ASSIGNMENT
Your answer should consist only of the lines below from the one with "unit(in_round::<Parts<R>, ExprInside>(parts, input, budget))" through the one with "if !input.cursor.eat_pair(':', ':')", copied exactly.

Collected data entries
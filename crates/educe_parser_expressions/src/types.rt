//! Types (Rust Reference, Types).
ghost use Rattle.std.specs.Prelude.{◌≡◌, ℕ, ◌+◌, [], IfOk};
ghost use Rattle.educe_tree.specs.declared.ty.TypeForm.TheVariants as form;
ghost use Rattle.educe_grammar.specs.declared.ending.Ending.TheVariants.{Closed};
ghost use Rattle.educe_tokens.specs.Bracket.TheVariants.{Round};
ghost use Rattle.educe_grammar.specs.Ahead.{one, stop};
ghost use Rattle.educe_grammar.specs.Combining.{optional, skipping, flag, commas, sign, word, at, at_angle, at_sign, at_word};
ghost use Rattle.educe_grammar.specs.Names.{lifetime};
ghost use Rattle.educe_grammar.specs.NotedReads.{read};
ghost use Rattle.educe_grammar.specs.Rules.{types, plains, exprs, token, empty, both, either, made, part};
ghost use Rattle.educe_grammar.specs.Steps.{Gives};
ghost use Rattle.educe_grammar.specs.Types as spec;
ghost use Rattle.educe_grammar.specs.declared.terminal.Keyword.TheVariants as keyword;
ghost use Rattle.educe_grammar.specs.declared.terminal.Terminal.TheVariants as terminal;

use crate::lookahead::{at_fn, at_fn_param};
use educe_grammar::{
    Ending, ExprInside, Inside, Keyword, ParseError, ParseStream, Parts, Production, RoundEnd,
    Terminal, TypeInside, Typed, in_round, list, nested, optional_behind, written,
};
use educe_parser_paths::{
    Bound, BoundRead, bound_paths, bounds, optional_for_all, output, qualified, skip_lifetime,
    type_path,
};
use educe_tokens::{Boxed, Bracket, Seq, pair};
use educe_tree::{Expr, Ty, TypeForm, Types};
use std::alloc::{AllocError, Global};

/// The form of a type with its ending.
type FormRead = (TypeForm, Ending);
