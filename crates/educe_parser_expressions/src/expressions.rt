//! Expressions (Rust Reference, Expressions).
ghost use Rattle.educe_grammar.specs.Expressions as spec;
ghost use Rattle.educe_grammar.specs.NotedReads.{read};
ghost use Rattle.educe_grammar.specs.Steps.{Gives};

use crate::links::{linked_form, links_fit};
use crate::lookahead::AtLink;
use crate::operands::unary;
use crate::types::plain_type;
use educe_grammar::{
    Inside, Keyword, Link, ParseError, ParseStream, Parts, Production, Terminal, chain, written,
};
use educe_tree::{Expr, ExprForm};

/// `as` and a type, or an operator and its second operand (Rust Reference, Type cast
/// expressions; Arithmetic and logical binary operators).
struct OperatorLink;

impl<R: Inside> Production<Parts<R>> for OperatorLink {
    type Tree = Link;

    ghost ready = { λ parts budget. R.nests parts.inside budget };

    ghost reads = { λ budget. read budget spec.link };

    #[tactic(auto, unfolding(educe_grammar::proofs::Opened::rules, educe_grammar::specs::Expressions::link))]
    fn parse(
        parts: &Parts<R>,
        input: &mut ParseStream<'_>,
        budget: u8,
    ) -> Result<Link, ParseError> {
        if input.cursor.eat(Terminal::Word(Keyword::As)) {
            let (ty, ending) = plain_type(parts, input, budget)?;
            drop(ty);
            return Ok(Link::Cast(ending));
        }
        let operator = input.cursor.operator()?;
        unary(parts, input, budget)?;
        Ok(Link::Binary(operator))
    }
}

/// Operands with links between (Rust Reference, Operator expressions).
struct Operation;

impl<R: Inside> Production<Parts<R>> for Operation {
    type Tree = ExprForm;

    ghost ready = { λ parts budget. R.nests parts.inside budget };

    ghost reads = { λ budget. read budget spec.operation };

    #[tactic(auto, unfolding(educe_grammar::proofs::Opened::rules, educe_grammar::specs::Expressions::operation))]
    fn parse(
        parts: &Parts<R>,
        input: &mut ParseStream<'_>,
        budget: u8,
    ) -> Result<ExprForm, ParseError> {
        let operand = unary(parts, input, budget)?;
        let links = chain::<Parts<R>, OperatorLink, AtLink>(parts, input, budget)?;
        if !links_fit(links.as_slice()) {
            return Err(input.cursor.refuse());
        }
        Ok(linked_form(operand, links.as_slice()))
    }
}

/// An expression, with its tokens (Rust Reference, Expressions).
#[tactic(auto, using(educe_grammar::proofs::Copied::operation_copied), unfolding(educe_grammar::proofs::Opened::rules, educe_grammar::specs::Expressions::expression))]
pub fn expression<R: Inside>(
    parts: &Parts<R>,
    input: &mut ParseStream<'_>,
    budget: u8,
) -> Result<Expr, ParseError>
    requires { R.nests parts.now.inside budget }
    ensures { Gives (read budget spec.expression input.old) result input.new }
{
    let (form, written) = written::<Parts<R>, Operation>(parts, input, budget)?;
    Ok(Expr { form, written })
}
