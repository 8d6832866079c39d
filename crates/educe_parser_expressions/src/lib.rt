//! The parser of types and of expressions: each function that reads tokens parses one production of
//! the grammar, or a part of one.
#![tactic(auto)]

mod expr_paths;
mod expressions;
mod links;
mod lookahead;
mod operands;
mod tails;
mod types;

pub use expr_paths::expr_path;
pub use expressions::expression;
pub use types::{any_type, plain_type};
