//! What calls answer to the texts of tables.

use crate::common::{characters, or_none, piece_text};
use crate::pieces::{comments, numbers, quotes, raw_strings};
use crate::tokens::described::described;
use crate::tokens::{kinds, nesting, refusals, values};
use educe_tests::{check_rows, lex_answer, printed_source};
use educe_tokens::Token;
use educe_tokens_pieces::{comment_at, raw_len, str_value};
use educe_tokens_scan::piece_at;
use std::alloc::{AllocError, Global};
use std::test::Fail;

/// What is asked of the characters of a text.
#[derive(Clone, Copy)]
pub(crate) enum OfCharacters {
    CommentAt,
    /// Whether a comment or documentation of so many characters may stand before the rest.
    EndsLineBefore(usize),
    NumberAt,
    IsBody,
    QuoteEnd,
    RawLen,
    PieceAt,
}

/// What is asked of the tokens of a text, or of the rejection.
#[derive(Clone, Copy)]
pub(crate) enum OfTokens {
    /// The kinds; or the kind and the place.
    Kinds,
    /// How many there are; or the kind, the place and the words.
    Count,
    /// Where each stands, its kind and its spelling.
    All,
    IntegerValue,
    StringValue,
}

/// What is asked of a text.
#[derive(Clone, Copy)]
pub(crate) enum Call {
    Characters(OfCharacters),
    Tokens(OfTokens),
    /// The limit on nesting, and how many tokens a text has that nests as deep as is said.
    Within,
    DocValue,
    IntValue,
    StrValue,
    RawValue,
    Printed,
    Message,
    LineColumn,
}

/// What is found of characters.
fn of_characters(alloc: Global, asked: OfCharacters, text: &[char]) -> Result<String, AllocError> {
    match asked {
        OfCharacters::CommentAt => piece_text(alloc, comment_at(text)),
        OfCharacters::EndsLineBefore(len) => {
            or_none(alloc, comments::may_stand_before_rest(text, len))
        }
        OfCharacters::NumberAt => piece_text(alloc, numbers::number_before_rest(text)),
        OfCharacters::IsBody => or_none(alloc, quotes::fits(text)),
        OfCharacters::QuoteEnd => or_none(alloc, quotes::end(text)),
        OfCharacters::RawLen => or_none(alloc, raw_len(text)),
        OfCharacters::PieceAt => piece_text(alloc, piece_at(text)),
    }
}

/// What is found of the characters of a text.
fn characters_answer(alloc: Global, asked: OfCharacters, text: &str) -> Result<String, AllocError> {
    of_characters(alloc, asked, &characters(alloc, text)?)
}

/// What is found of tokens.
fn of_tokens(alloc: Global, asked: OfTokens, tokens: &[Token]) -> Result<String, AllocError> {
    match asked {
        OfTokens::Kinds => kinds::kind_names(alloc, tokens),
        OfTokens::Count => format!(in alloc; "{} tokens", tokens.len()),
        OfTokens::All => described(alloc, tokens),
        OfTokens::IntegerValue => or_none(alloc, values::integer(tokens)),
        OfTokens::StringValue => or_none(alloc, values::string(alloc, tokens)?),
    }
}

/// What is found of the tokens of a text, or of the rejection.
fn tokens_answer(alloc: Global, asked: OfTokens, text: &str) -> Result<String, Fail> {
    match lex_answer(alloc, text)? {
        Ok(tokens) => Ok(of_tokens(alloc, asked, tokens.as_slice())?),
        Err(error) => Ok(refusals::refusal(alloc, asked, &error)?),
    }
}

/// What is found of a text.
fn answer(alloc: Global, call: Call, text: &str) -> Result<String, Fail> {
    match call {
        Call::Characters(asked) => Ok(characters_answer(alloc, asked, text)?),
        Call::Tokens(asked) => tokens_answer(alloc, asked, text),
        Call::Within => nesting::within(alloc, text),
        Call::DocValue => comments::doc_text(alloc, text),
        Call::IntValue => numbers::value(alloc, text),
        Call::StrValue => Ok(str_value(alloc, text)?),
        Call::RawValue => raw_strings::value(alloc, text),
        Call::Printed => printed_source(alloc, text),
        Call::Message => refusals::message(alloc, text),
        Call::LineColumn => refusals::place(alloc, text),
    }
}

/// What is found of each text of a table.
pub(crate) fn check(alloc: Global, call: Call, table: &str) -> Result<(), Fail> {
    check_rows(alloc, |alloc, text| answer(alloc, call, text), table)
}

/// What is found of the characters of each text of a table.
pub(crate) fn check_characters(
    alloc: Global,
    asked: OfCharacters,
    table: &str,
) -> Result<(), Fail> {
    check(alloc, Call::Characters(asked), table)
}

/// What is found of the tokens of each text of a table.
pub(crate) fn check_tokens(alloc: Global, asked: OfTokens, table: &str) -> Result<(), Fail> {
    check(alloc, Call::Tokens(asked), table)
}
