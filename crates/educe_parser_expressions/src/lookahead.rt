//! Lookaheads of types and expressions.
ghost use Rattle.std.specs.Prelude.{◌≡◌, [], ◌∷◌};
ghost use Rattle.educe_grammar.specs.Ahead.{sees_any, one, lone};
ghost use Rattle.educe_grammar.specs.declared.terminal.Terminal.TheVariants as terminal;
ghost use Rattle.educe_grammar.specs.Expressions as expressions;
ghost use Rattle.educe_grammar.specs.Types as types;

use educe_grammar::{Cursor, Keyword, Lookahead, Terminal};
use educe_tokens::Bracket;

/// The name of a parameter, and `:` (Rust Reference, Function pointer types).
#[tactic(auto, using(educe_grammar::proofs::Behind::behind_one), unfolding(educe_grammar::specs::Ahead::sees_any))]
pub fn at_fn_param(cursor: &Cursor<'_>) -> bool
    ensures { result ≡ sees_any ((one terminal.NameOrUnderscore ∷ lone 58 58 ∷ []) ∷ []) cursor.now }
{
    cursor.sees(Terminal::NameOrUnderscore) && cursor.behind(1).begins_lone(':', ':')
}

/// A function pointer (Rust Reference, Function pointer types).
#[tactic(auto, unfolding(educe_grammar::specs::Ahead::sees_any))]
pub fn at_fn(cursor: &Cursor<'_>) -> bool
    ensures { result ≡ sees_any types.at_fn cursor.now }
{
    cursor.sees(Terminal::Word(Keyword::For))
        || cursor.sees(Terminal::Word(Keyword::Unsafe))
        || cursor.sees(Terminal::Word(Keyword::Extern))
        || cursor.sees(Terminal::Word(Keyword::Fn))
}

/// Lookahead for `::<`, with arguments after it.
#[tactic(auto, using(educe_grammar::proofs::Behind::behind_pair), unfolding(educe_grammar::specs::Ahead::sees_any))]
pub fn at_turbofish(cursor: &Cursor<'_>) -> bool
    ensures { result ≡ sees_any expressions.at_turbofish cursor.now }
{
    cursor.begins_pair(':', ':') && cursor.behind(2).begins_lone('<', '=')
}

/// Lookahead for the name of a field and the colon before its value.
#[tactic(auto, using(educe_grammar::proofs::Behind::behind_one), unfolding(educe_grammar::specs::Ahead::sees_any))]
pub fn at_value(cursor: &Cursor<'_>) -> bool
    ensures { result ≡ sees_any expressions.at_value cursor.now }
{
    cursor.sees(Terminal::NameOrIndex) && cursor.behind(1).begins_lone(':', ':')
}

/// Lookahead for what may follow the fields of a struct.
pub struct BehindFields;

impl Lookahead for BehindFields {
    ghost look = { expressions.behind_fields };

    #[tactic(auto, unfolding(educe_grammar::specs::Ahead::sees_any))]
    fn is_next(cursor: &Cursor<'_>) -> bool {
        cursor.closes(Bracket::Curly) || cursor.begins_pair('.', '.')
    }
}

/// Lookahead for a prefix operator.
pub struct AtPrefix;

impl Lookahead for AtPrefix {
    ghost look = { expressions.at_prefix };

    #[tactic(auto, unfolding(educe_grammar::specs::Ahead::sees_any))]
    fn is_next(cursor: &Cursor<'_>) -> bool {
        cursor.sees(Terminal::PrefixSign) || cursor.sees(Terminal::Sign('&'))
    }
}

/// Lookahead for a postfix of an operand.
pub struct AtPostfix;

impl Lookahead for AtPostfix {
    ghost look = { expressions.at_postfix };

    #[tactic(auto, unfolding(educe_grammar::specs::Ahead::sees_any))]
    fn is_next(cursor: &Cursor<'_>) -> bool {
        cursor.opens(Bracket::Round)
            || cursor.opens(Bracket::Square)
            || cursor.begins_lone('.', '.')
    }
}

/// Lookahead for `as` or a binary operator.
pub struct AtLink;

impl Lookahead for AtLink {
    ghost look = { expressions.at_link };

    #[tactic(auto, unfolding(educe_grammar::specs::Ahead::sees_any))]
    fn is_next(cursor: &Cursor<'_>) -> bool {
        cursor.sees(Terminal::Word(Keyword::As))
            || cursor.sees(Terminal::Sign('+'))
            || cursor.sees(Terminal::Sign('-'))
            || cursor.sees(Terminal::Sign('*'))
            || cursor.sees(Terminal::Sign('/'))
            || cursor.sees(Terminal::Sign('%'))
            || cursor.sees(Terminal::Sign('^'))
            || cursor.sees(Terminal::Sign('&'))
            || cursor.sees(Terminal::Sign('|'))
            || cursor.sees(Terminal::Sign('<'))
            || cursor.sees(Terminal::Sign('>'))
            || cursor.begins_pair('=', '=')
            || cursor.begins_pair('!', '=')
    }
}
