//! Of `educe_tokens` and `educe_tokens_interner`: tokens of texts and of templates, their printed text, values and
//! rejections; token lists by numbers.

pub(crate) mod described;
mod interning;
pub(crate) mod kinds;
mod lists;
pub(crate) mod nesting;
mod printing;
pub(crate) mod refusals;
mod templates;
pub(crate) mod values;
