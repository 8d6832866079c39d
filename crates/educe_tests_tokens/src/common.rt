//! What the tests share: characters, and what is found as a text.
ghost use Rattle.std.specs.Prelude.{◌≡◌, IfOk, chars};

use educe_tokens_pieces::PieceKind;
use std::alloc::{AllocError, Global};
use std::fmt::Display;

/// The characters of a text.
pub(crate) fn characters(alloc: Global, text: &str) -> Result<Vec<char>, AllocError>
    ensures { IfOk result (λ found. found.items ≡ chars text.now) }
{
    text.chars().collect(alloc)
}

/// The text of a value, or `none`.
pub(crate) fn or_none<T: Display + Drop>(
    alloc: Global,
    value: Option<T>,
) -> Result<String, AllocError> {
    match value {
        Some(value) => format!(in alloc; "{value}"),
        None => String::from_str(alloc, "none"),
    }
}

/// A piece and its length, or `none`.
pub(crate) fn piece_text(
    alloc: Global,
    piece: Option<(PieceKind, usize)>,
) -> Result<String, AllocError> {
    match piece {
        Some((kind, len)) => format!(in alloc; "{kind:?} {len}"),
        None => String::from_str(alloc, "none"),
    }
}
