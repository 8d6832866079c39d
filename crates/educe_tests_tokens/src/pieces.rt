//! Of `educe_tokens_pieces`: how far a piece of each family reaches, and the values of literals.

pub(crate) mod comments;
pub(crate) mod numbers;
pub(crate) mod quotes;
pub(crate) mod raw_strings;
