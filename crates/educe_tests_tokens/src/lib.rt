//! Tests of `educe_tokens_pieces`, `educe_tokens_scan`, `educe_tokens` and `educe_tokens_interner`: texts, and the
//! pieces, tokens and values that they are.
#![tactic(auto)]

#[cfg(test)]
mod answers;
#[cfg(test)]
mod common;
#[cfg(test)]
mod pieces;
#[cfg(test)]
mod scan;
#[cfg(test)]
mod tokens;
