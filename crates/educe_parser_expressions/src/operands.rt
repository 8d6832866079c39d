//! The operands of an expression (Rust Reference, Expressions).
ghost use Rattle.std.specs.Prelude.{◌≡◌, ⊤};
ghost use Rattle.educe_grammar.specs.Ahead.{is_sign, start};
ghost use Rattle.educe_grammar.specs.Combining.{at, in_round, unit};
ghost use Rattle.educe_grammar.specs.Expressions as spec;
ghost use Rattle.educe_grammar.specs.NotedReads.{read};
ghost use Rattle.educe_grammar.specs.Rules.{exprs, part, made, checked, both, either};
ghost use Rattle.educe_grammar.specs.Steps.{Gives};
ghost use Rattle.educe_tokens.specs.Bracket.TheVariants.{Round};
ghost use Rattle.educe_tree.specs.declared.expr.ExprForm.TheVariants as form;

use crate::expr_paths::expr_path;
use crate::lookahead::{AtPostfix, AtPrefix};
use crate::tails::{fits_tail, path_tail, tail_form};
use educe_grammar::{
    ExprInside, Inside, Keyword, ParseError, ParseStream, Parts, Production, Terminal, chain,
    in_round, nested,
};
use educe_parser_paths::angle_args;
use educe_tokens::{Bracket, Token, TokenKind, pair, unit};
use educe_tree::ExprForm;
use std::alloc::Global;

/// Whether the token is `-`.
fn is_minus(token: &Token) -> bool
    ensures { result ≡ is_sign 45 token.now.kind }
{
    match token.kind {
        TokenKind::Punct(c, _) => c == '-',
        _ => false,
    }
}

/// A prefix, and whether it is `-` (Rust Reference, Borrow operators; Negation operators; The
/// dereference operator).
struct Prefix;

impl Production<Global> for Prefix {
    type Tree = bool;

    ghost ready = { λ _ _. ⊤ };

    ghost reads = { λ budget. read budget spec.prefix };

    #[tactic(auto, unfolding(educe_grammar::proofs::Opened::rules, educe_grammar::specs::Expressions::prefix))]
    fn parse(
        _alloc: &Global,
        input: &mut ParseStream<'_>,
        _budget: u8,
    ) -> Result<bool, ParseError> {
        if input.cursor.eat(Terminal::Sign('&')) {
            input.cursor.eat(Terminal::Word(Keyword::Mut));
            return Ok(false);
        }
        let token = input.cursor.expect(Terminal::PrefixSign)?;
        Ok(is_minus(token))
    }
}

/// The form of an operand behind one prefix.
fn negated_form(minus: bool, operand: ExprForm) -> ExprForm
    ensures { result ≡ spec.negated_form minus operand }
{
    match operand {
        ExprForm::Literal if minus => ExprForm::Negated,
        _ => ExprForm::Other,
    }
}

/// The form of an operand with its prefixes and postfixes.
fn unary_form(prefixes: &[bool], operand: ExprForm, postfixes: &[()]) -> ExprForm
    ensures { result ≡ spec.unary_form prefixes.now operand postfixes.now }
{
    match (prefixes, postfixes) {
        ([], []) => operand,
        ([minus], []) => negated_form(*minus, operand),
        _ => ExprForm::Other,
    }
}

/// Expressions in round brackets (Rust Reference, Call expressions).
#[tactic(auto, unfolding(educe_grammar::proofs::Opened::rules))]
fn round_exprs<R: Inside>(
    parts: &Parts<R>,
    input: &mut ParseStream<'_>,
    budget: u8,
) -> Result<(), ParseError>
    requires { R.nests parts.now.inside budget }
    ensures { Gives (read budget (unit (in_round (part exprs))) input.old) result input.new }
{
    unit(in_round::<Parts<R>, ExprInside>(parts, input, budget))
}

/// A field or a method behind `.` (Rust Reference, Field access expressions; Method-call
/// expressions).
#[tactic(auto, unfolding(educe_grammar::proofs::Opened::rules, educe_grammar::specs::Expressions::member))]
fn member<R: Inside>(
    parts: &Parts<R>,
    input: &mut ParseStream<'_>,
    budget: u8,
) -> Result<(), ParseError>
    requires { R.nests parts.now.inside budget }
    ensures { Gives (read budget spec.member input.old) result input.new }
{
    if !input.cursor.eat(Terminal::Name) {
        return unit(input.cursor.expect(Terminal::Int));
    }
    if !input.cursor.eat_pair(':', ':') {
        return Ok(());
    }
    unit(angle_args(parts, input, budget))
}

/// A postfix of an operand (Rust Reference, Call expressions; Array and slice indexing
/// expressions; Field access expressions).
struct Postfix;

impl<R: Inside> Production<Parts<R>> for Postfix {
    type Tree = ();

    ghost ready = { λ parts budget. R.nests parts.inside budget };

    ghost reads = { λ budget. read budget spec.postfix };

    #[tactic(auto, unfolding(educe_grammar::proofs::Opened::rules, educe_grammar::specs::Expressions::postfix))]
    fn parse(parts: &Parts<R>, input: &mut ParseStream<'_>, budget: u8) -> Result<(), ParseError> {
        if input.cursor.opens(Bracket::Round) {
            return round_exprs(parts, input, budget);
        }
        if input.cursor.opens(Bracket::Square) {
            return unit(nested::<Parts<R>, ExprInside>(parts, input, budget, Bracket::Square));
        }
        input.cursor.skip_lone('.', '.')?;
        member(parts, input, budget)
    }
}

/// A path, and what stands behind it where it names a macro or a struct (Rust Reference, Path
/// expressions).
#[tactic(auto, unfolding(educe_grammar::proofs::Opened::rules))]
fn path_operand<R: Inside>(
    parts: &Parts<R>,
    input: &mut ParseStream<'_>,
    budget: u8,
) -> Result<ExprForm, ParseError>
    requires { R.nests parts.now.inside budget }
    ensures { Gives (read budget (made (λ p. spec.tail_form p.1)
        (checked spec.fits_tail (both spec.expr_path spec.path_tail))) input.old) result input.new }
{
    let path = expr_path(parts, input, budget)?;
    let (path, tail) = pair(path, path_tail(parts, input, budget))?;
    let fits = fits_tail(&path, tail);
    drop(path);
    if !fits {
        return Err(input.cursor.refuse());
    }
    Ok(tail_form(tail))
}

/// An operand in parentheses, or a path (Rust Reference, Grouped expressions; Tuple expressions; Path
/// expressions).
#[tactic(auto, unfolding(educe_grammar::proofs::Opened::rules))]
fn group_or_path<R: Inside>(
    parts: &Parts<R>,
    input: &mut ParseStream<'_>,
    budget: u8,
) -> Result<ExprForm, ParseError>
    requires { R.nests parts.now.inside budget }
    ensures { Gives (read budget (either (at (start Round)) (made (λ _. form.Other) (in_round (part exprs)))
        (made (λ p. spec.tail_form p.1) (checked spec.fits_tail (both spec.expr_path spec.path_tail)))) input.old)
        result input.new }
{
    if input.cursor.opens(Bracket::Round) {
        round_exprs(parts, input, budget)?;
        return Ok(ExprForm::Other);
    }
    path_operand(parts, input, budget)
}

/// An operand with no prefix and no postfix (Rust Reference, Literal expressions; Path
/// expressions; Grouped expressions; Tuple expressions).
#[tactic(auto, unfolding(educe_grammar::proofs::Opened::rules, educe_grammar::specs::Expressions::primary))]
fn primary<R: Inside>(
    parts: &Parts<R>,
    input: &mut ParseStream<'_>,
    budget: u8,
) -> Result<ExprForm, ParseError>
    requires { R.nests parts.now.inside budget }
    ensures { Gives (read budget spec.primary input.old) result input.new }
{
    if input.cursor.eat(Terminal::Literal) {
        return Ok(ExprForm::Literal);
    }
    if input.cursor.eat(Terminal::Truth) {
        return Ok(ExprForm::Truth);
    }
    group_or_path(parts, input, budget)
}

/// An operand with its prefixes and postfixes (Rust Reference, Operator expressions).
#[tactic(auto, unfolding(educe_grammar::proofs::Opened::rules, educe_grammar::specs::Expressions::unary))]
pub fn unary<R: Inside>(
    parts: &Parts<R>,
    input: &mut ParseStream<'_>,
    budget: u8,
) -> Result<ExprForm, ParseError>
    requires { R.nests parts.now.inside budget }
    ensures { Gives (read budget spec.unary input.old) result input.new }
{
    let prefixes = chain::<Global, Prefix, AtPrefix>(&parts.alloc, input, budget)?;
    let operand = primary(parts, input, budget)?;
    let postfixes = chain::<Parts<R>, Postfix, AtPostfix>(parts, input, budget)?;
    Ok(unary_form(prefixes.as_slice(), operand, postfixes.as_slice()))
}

OUTPUT
    unit(in_round::<Parts<R>, ExprInside>(parts, input, budget))
}

/// A field or a method behind `.` (Rust Reference, Field access expressions; Method-call
/// expressions).
#[tactic(auto, unfolding(educe_grammar::proofs::Opened::rules, educe_grammar::specs::Expressions::member))]
fn member<R: Inside>(
    parts: &Parts<R>,
    input: &mut ParseStream<'_>,
    budget: u8,
) -> Result<(), ParseError>
    requires { R.nests parts.now.inside budget }
    ensures { Gives (read budget spec.member input.old) result input.new }
{
    if !input.cursor.eat(Terminal::Name) {
        return unit(input.cursor.expect(Terminal::Int));
    }
    if !input.cursor.eat_pair(':', ':') {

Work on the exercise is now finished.